I don’t remember if she just forgets her rabbit at this point, or what.
That night, she sneaks the jacket – I think it’s an old jacket of her father’s – and tells Carl about a rowboat he can steal and float down to the sea and try to cross the channel from there somehow. (I guess they’re near a river as well as a woods.)
I’m pretty sure there’s a scene about here when Carl sees the damage the air raid did to Ellen’s apartment building, and asks if anyone was killed. Then he wanders off into the night.
The next day, adults complete opening up the hole in the rubble, and discover Ellen’s pet rabbit in the coal bin or scuttle, and there’s something about what they find in there that makes them quite suspicious Ellen wasn’t alone in there, but it’s implied that they just kinda drop the question, because whoever it was was nice enough to Ellen.
There might also be something about how the nasty neighbour was accusing Ellen’s rabbit of eating the veggies in her garden, but we find out it was actually Carl. We also learn that the rowboat has gone missing, implying Carl makes good his escape.
So, does anyone recognize this book? Let me know!

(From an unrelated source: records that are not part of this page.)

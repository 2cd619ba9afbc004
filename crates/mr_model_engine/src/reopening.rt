//! The engine of a folder that is opened: its commits, the moment of the last one, and the hidden
//! numbers that their inserts have used.

ghost use Rattle.std.specs.Prelude.{◌≡◌, ◌+◌, max, IfOk};
ghost use Rattle.std.specs.Option.{option_map_or};
ghost use Rattle.mr_model_engine.specs.Worlds.{numbers_in, world_in};
ghost use Rattle.mr_spec.specs.Replay.{last_moment as last_moment_of, numbers_by_change, numbers_by_changes, numbers_by_schema, numbers_by_body, numbers_after as numbers_behind, reopened as world_of};
ghost use Rattle.mr_spec.specs.World.{at_name};

use crate::engine::{Engine, fresh_session};
use crate::numbers::{Numbers, number_among, set_among};
use mr_base::Memory;
use mr_model_rows::replay;
use mr_types::{Change, Commit, CommitBody, Row, Schema};
use sqlite_items::Items;
use std::alloc::Global;

/// The hidden number of an inserted row is used. Behind the last number of 64 bits there is none:
/// want of memory stands for that.
fn used_by_row(alloc: Global, numbers: Numbers, table: &[u8], row: &Row) -> Result<Numbers, Memory>
    ensures { IfOk result (λ all. numbers_in all ≡ option_map_or (λ h. at_name table.now (max (numbers_in numbers table.now) (h + 1)) (numbers_in numbers)) row.now.hidden (numbers_in numbers)) }
{
    let Some(hidden) = row.hidden else {
        return Ok(numbers);
    };
    let Some(behind) = hidden.checked_add(1) else {
        return Err(Memory);
    };
    let next = number_among(numbers.as_slice(), table).max(behind);
    let mut numbers = numbers;
    set_among(alloc, &mut numbers, table, next)?;
    Ok(numbers)
}

fn used_by_change(alloc: Global, numbers: Numbers, change: &Change) -> Result<Numbers, Memory>
    ensures { IfOk result (λ all. numbers_in all ≡ numbers_by_change (numbers_in numbers) change.now) }
{
    match change {
        Change::Insert { table, new } => used_by_row(alloc, numbers, table.as_slice(), new),
        Change::Update { .. } => Ok(numbers),
        Change::Delete { .. } => Ok(numbers),
    }
}

fn used_by_changes(alloc: Global, numbers: Numbers, changes: &[Change]) -> Result<Numbers, Memory>
    ensures { IfOk result (λ all. numbers_in all ≡ numbers_by_changes (numbers_in numbers) changes.now) }
{
    let mut all = numbers;
    for change in changes {
        all = used_by_change(alloc, all, change)?;
    }
    Ok(all)
}

/// A dropped table's numbers are forgotten.
fn used_by_schema(alloc: Global, numbers: Numbers, change: &Schema) -> Result<Numbers, Memory>
    ensures { IfOk result (λ all. numbers_in all ≡ numbers_by_schema (numbers_in numbers) change.now) }
{
    match change {
        Schema::DropTable(name) => {
            let mut numbers = numbers;
            set_among(alloc, &mut numbers, name.as_slice(), 1)?;
            Ok(numbers)
        }
        Schema::CreateTable(_) => Ok(numbers),
        Schema::CreateIndex(_, _) => Ok(numbers),
        Schema::DropIndex(_, _) => Ok(numbers),
    }
}

fn used_by_body(alloc: Global, numbers: Numbers, body: &CommitBody) -> Result<Numbers, Memory>
    ensures { IfOk result (λ all. numbers_in all ≡ numbers_by_body (numbers_in numbers) body.now) }
{
    match body {
        CommitBody::Rows(changes) => used_by_changes(alloc, numbers, changes.as_slice()),
        CommitBody::Schema(change) => used_by_schema(alloc, numbers, change),
    }
}

/// The next hidden numbers behind these commits.
fn numbers_after(alloc: Global, commits: &[Commit]) -> Result<Numbers, Memory>
    ensures { IfOk result (λ all. numbers_in all ≡ numbers_behind (λ name. 1) commits.now) }
{
    let mut all = Numbers::new(alloc);
    for commit in commits {
        all = used_by_body(alloc, all, &commit.body)?;
    }
    Ok(all)
}

/// The moment of the last of these commits, 0 where there is none.
fn last_moment(commits: &[Commit]) -> u64
    ensures { result ≡ last_moment_of 0 commits.now }
{
    let mut moment = 0;
    for commit in commits {
        moment = commit.moment;
    }
    moment
}

impl Engine {
    /// The engine of a folder that has these commits: session `main` alone, outside a transaction,
    /// and no building index.
    pub fn reopened(alloc: Global, commits: Items<Commit>) -> Result<Engine, Memory>
        ensures world { IfOk result (λ e. world_in e ≡ world_of commits) }
        ensures commits { IfOk result (λ e. e.commits ≡ commits) }
    {
        let numbers = numbers_after(alloc, commits.as_slice())?;
        let moment = last_moment(commits.as_slice());
        let tables = replay(alloc, commits.as_slice())?;
        Ok(Engine {
            commits,
            tables: Some(tables),
            here: fresh_session(alloc, b"main")?,
            others: Items::new(alloc),
            building: Items::new(alloc),
            numbers,
            moment,
            view: None,
        })
    }
}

Thinking about the story as an adult, it’s easy to see how this could be a scary story of kidnapping and psychological manipulation of a frightened, vulnerable minor at the hands of a radicalized warrior – but I’m pretty sure it was written instead as a somewhat scary story about two frightened, lonely young people from opposing nations discovering mutual humanity under dangerous circumstances. And solving math problems together.
Perhaps, as someone who had trouble with math at school, I was given this book in the first place because it has a hero who struggles with math, I believe specifically algebra, but then (with help) experiences an ah-ha math understanding moment? (I seem to recall Carl tells Helen to just ignore the letters? I’m not sure that’s right.)